Folha de S.Paulo

Espetáculo cruza García Márquez e história de luto de atriz amazonense

Com trechos de ‘Maria dos Prazeres’, do autor colombiano, peça traça paralelo entre ditadura franquista e Brasil hoje

- Gustavo Fioratti

são paulo O diretor de teatro Ivan Andrade não era muito chegado a trabalhar com o que ficou conhecido como teatro de depoimento­s —uma criação cênica que valoriza a história pessoal dos artistas em cena. Ele diz que esse gênero pode conseguir momentos de beleza e encantamen­to. Mas também que há frequente o risco de narcisismo.

Uma amiga, porém, quebrou o regime de Andrade. A atriz Maristela Chelala (autora de “Pontos de Vista de um Palhaço”) chegou com a proposta de usar um texto literário que se entrelaça com a vida pessoal dela. Eles estreiam nesta sexta (17) “Dos Prazeres”, baseada em “Maria dos Prazeres”, do livro de contos “Doze Contos Peregrinos”, de Gabriel García Márquez.

Há diversos pontos em comum entre a vida de Chelala e a da protagonis­ta do conto, mas o principal é que ambas nasceram no norte do Brasil e expressam uma relação dolorosa e peculiar com a morte.

Dos Prazeres é uma personagem que vive as brutalidad­es do franquismo e dedica tempo nos preparativ­os de seu próprio funeral. Chelala leu e releu o texto e se conectou com a forma com que as chuvas e os rios marcam um estado fúnebre: ela perdeu a mãe afogada ainda na infância e o pai morreu logo depois, em um acidente de carro.

A dramaturgi­a da peça, assinada por Ivan Marsiglia, evita o risco de que o texto de García Márquez seja usado em um exercício narcísico.

“Poderia existir certa limitação nossa de, em vez de corrermos para dialogar com a grandeza de um autor, a gente reduzisse esse autor pondo ele no nosso umbigo”, diz Andrade.

O resultado da dramaturgi­a que foi sendo costurada durante ensaios é o de uma obra dividida em camadas. Sozinha em cena, Chelala por vezes se dirige à plateia, contando, por exemplo, que seus pais, um dia, decidiram passar a Semana Santa “numa ilha bem perto de Manaus”.

“Meu pai alugou uma lancha linda, com banco de couro e rádio pra eles ouvirem música durante o trajeto. Imagino que quando eles estavam arrumando as coisas pra saírem eu tenha olhado e dito: ‘E eu?’. Minha mãe deve ter me pegado no colo e dito: ‘Você é muito pequena, meu amor. Você vai ficar com a sua avó’.”

A pequena Chelala ficou. A lancha virou. E foi nesse episódio que perdeu a mãe.

Em um momento seguinte, ela dá voz ao narrador da história escrita por García Márquez. “[María dos Prazeres] cumpriment­ou várias pessoas de outros domingos menos memoráveis, embora mal as tenha reconhecid­o, pois havia passado tanto tempo desde que as viu pela primeira vez que já não estavam com roupas de luto, nem choravam e punham as flores sobre as tumbas sem pensar em seus mortos.”

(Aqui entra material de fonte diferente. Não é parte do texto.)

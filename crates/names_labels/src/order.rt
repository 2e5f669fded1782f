//! Orders of labels and of names: canonical order, from the root, and the order of the octets.

ghost use Rattle.std.specs.Prelude.{◌≡◌, ◌≢◌, ◌↔◌, ◌+◌, ◌≤◌, IsTrue, length, take, drop, map};
ghost use Rattle.std.specs.Int.{w64, to_le_bytes};
ghost use Rattle.std.specs.Char.{to_ascii_lowercase};
ghost use Rattle.std.specs.Ordering.{nat_cmp};
ghost use Rattle.std.specs.Cmp.Lexicographic.{slice_cmp};
ghost use Rattle.names_wire.specs.Label.{octets_of, wire_label};
ghost use Rattle.names_wire.specs.Name.{low, wire, name_cmp};
ghost use Rattle.names_labels.specs.Flat.{labels_in, spelled, IsRun};
ghost use Rattle.names_labels.specs.Order.{in_case, SameEnds, HaveTail};
ghost use Rattle.names_labels.specs.Walked.{WalksTo};

use crate::flat::{behind, label_count, split_label};
use crate::traits::{Absolute, Labels, labels_counted, labels_of};
use names_wire::label::Label;
use std::cmp::Ordering;

/// Whether ASCII letters are compared as they are or lowered.
#[derive(Clone, Copy)]
pub enum Case {
    Kept,
    Lowered,
}

fn label_cmp(a: Label<'_>, b: Label<'_>, case: Case) -> Ordering
    ensures { let octets = wire_label (in_case case (octets_of a.entry)) in
        result ≡ slice_cmp nat_cmp octets (wire_label (in_case case (octets_of b.entry))) }
{
    match case {
        Case::Kept => a.composed_cmp(&b),
        Case::Lowered => a.lowercase_composed_cmp(&b),
    }
}

/// Canonical order of two names, from the root's side, labels in lower case (RFC 4034, 6.1).
///
/// The labels that a longer name has in front are skipped. Then both names are walked once, and the
/// last difference decides.
pub fn labels_cmp<A: Labels, B: Labels>(name: &A, other: &B) -> Ordering
    ensures { result ≡ name_cmp (A.labels name.now) (B.labels other.now) }
{
    if let (Some(run), Some(others)) = (name.label_row(), other.label_row()) {
        return runs_cmp(run, others);
    }
    let (count, other_count) = (name.label_count(), other.label_count());
    let mut left = labels_counted(name, count.saturating_sub(other_count), count);
    let mut right = labels_counted(other, other_count.saturating_sub(count), other_count);
    let mut order = Ordering::Equal;
    while let (Some(a), Some(b)) = (left.next(), right.next()) {
        order = a.cmp(&b).then(order);
    }
    order.then(count.cmp(&other_count))
}

/// Canonical order of two names whose labels stand in rows, from the root's side, labels in lower
/// case.
///
/// Each row is walked up to the octets that both have in common at their ends. Then the longer of
/// the two rests is walked on until both are equally long. The last labels before these rests
/// decide.
fn runs_cmp(run: &[u8], other: &[u8]) -> Ordering
    requires run { IsRun run.now }
    requires other { IsRun other.now }
    ensures { result ≡ name_cmp (labels_in run.now) (labels_in other.now) }
{
    let tail = common_tail(run, other);
    let (mut label, mut left) = walk_to(run, tail);
    let (mut other_label, mut right) = walk_to(other, tail);
    while left.len() != right.len() {
        if left.len() >= right.len() {
            let Some((first, rest)) = split_label(left) else {
                break;
            };
            (label, left) = (Some(first), rest);
        } else {
            let Some((first, rest)) = split_label(right) else {
                break;
            };
            (other_label, right) = (Some(first), rest);
        }
    }
    label.cmp(&other_label)
}

/// Walks a row until at most `tail` octets are left. Returns the last label that was passed, if
/// there is one, and what is left.
fn walk_to(run: &[u8], tail: usize) -> (Option<Label<'_>>, &[u8])
    requires { IsRun run.now }
    ensures { WalksTo run.now tail result.0 result.1.now }
{
    let (mut label, mut rest) = (None, run);
    while rest.len() > tail {
        let Some((first, behind)) = split_label(rest) else {
            break;
        };
        (label, rest) = (Some(first), behind);
    }
    (label, rest)
}

/// How many octets at the end of both are the same, up to ASCII case.
pub fn common_tail(octets: &[u8], others: &[u8]) -> usize
    ensures { HaveTail octets.now others.now result }
{
    let most = octets.len().min(others.len());
    let mut count = common_eights(octets, others);
    while count < most {
        let (octet, other) = (
            octets[octets.len() - 1 - count],
            others[others.len() - 1 - count],
        );
        if octet != other && !is_other_case(octet, other) {
            break;
        }
        count += 1;
    }
    count
}

/// How many octets at the end of both are equal, counted in groups of eight.
fn common_eights(octets: &[u8], others: &[u8]) -> usize
    ensures { SameEnds octets.now others.now result }
{
    let most = octets.len().min(others.len());
    let mut count = 0;
    while count + 8 <= most {
        let more = count + 8;
        if eight_at(octets, octets.len() - more) != eight_at(others, others.len() - more) {
            break;
        }
        count = more;
    }
    count
}

/// Eight octets from a place on, as one number.
fn eight_at(octets: &[u8], place: usize) -> u64
    requires { place + 8 ≤ length octets.now }
    ensures { to_le_bytes w64 result ≡ take 8 (drop place octets.now) }
{
    u64::from_le_bytes([
        octets[place],
        octets[place + 1],
        octets[place + 2],
        octets[place + 3],
        octets[place + 4],
        octets[place + 5],
        octets[place + 6],
        octets[place + 7],
    ])
}

/// Whether two octets are one letter in both cases.
fn is_other_case(octet: u8, other: u8) -> bool
    requires { octet ≢ other }
    ensures { let lower = to_ascii_lowercase in IsTrue result ↔ (lower octet ≡ lower other) }
{
    octet.abs_diff(other) == 32 && octet.eq_ignore_ascii_case(&other)
}

/// Order of the octets of two names in wire form, label by label from the left.
fn labels_composed_cmp<A: Labels, B: Labels>(name: &A, other: &B, case: Case) -> Ordering
    ensures { let octets = spelled (map (in_case case) (A.labels name.now)) in
        result ≡ slice_cmp nat_cmp octets (spelled (map (in_case case) (B.labels other.now))) }
{
    let (mut left, mut right) = (labels_of(name), labels_of(other));
    loop {
        let (a, b) = match (left.next(), right.next()) {
            (Some(a), Some(b)) => (a, b),
            (Some(_), None) => return Ordering::Greater,
            (None, Some(_)) => return Ordering::Less,
            (None, None) => return Ordering::Equal,
        };
        let order = label_cmp(a, b, case);
        if order.is_ne() {
            return order;
        }
    }
}

/// Canonical order of two absolute names: labels from the root on, in lower case; an absent label
/// comes first (RFC 4034, 6.1).
pub fn name_cmp<A: Absolute, B: Absolute>(name: &A, other: &B) -> Ordering
    ensures { result ≡ name_cmp (A.name name.now) (B.name other.now) }
{
    labels_cmp(name, other)
}

/// The order of the octets of two absolute names in wire form.
pub fn composed_cmp<A: Absolute, B: Absolute>(name: &A, other: &B) -> Ordering
    ensures { result ≡ slice_cmp nat_cmp (wire (A.name name.now)) (wire (B.name other.now)) }
{
    labels_composed_cmp(name, other, Case::Kept)
}

/// The order of the octets of two absolute names in wire form, with ASCII letters lowered.
pub fn lowercase_composed_cmp<A: Absolute, B: Absolute>(name: &A, other: &B) -> Ordering
    ensures { let octets = wire (low (A.name name.now)) in
        result ≡ slice_cmp nat_cmp octets (wire (low (B.name other.now))) }
{
    labels_composed_cmp(name, other, Case::Lowered)
}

Valoriza-se também, no texto, o contexto em que a história do autor colombiano transcorre, em um momento posterior à Guerra Civil Espanhola, que ocorreu entre 1936 e 1939 e que, com a vitória dos nacionalis­tas, resultou na ditadura de Francisco Franco, que foi governante entre 1938 e 1973.

Forma-se ali uma metáfora para a atualidade, ou dias em que “o reacionari­smo se traveste de conservado­rismo, não só no Brasil, mas no mundo”, define Andrade. Para o diretor, a personagem de García Márquez “percebe que não é ela que está morrendo ali, é tudo o que está ao redor dela, no contexto de um regime franquista brutal”.

Diretor de teatro, pesquisado­r de teoria e encenação teatral com mestrado na USP, Andrade dirigiu “O Mal-Entendido”, de Albert Camus (2018), “Amigos Ausentes”, de Alan Ayckbourn (2008) e “Entreatos”, de Gero Camilo (2005).

Em “Dos Prazeres”, resume o encenador, retrata-se uma trajetória pessoal no contexto de “um sufocament­o social em que a pessoa tem uma percepção de pulsar e morte, porém encontra neste percurso dela um desabrocha­r”.

Ou seja, nem todos os dias dessa trajetória estarão nublados. Já adiantada a peça, a mudança de rumos e de clima se dá por meio de um encontro amoroso e de “um reencontro com o prazer e a libido”, como resume o diretor.

Dos Prazeres Sesc Vila Mariana, r. Pelotas, 141, São Paulo. Sex., às 20h, e sáb., às 18h (sessão extra no dia 20/2, às 20h). Até 21/2. R$ 9 a R$ 30.